My closest dearest mum friends know what I've been through with my son. They know modern medicine saved him. And they know the importance of vaccination.
2. Must not talk about super foods. Particularly chia seeds. And quinoa. Preferably not able to even pronounce quinoa.
For a really long time I thought it was a fish and I called in Kwin-oh-ah. The fact that so many people never corrected me really cranks my crank. Screw quinoa. And super foods.

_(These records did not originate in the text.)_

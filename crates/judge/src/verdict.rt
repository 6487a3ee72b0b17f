//! What is said of one script.
ghost use Rattle.std.specs.Prelude.{ℕ, ◌≡◌, List, Ok};
ghost use Rattle.recorder_model.specs.Script.{script_of};
ghost use Rattle.hex.specs.Hex.{decode_of};
ghost use Rattle.judge.specs.Verdicts.{IsVerdict};

use paint_script::{ScriptError, read_script, write_script};
use recorder_model::Cause;
use std::alloc::Global;
use std::fmt::{self, Display, Formatter};

/// What is said of one script.
#[derive(Drop)]
pub enum Verdict {
    /// It has so many lines, and is written as it was read.
    Read { lines: u32 },
    /// Its first bad line, counted from 1, and the first cause that applies to it.
    Bad { line: u32, cause: Cause },
    /// It was read and is spelled in another way.
    SpelledOtherwise,
    /// The digits are of no script, or it is too long.
    NoScript,
    /// The allocator refused.
    NoMemory,
}

impl Display for Verdict {
    fn fmt<W: fmt::Write>(&self, f: &mut Formatter<W>) -> fmt::Result {
        match self {
            Verdict::Read { lines } => write!(f, "lines {lines}"),
            Verdict::Bad { line, cause } => write!(f, "line {line} {cause:?}"),
            Verdict::SpelledOtherwise => write!(f, "spelled otherwise"),
            Verdict::NoScript => write!(f, "no script"),
            Verdict::NoMemory => write!(f, "no memory"),
        }
    }
}

/// What is said of the script of these hexadecimal digits.
pub fn judge(alloc: Global, digits: &str) -> Verdict
    ensures { (text : List ℕ) → decode_of digits.now ≡ Ok text → IsVerdict (script_of text) result }
{
    match hex::decode(alloc, digits) {
        Ok(text) => judge_text(alloc, &text),
        Err(_) => Verdict::NoScript,
    }
}

fn judge_text(alloc: Global, text: &[u8]) -> Verdict
    ensures { IsVerdict (script_of text.now) result }
{
    if text.len() >= 1 << 32 {
        return Verdict::NoScript;
    }
    match read_script(alloc, text) {
        Ok(script) => match write_script(alloc, &script) {
            Ok(written) if written.as_slice() == text => Verdict::Read {
                lines: script.lines(),
            },
            Ok(_) => Verdict::SpelledOtherwise,
            Err(_) => Verdict::NoMemory,
        },
        Err(ScriptError::BadLine { line, cause }) => Verdict::Bad { line, cause },
        Err(ScriptError::NoMemory) => Verdict::NoMemory,
    }
}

And conversations about food that aren't cake-related.
3. Must like beefcakes
I would like my mum friend to be someone who isn't unnerved by my obsession with The Rock, Idris Elba, Thor, and my recent return to my fantasies: Joe Manganiello, and the captain of the Samoan rugby team, and Roman Reigns. If these obsessions can't be matched, I would at least like someone who enjoys spending a portion of their time talking about crushes.
4. Their children must be terrible sleepers
I just want to be with my people.
5. No diet talk
I don't want to feel bad about how I look. Particularly because I don't feel bad about how I look. Despite the fact that I think society wants me to feel bad about how I look.
6. Wine and coffee - solid relationship needed
Yeah, I feel like my great loves in life are wine and coffee (and my kids and husband I suppose after wine and coffee). So if we have that in common that's going to be helpful.
7. Good politics
You don't have to agree with everything I do. But you kind of do.
8. Must not mind lists ending at number eight.
It's all a bit silly I know. I think it's just winter. It makes you feel isolated. It's too cold to go out. The kids are always sick. When your child is finally better, your mum friend's child is sick. So you just never get to hang. It sucks. Maybe I'm just being emo.
But today I did meet a mum by the swing. I dropped a comment about vaccination and she said there should be a law requiring people to vaccinate. And then I dropped an F bomb just to see what would happen and she didn't even flinch. And then she said her almost three year old still wakes up. So...wish me luck?
How long do I wait before I call her?!?!